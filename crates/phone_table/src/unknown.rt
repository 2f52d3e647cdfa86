//! The texts that name no region, and how many records have them.
ghost use Rattle.std.specs.Prelude.{◌≡◌, OnOk, [], string_eq};
ghost use Rattle.indexmap.specs.IndexMap.{insert_entry};
ghost use Rattle.csv.specs.Records.{fields_of};
ghost use Rattle.phone_table.specs.Unknowns.{IsNoted, NotesRow, count_of, is_full};

use crate::counts::{counted_if, has_refusal};
use crate::header::Columns;
use crate::region::region_text;
use csv::ByteRecord;
use indexmap::IndexMap;
use std::alloc::{AllocError, Global};

/// The most texts that are kept.
pub const MOST_UNKNOWN: usize = 100;

/// The texts of a table's records that name no region, white space around them left out, each with
/// how many records have it, at most 2^64 - 1; in the order in which they came first. Of more than
/// a hundred the first hundred are kept.
#[derive(Drop)]
pub struct UnknownNames {
    /// Each text, with its count.
    pub names: IndexMap<String, u64>,
}

impl UnknownNames {
    /// No text. Takes no memory.
    pub fn new(alloc: Global) -> UnknownNames
        ensures { result.names.entries ≡ [] }
    {
        UnknownNames {
            names: IndexMap::new(alloc),
        }
    }

    /// How many records have a text; 0 where none was kept that has it.
    pub fn count(&self, text: &str) -> u64
        ensures { result ≡ count_of self.now.names.entries text.now }
    {
        match self.names.get(text) {
            Some(count) => *count,
            None => 0,
        }
    }

    /// Puts a text there with this count. Refused only for memory.
    fn put(&mut self, text: String, count: u64) -> Result<(), AllocError>
        ensures { OnOk result (self.new.names.entries ≡
            insert_entry string_eq self.old.names.entries text count) }
    {
        match self.names.insert(text, count) {
            Ok(_) => Ok(()),
            Err(_) => Err(AllocError),
        }
    }

    /// Whether a text isn't there, and there is no room for it.
    fn is_full(&self, text: &str) -> bool
        ensures { result ≡ is_full self.now.names.entries text.now }
    {
        self.count(text) == 0 && self.names.len() >= MOST_UNKNOWN
    }

    /// Notes that one more record has this text. Refused only for memory.
    pub(crate) fn note(&mut self, alloc: Global, text: &str) -> Result<(), AllocError>
        ensures { OnOk result (IsNoted self.old.names.entries text.now self.new.names.entries) }
    {
        if self.is_full(text) {
            return Ok(());
        }
        let count = self.count(text);
        let text = text.to_string(alloc)?;
        self.put(text, counted_if(true, count))
    }
}

/// Notes the text by which a row of a table with these columns names its region, where it is
/// refused since that names none. Refused only for memory.
pub(crate) fn note_unknown(
    alloc: Global,
    columns: Columns,
    row: &ByteRecord,
    unknown: &mut UnknownNames,
) -> Result<(), AllocError>
    ensures { OnOk result (NotesRow columns (fields_of row.now) unknown.old.names.entries
        unknown.new.names.entries) }
{
    if !has_refusal(row, "unknown region") {
        return Ok(());
    }
    match region_text(columns, row) {
        Some(text) => unknown.note(alloc, text),
        None => Ok(()),
    }
}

Assignment
Search the listing above for the lines with "self.count(text) == 0" and "where it is", then output those lines and all lines between them exactly.

Answer section
        self.count(text) == 0 && self.names.len() >= MOST_UNKNOWN
    }

    /// Notes that one more record has this text. Refused only for memory.
    pub(crate) fn note(&mut self, alloc: Global, text: &str) -> Result<(), AllocError>
        ensures { OnOk result (IsNoted self.old.names.entries text.now self.new.names.entries) }
    {
        if self.is_full(text) {
            return Ok(());
        }
        let count = self.count(text);
        let text = text.to_string(alloc)?;
        self.put(text, counted_if(true, count))
    }
}

/// Notes the text by which a row of a table with these columns names its region, where it is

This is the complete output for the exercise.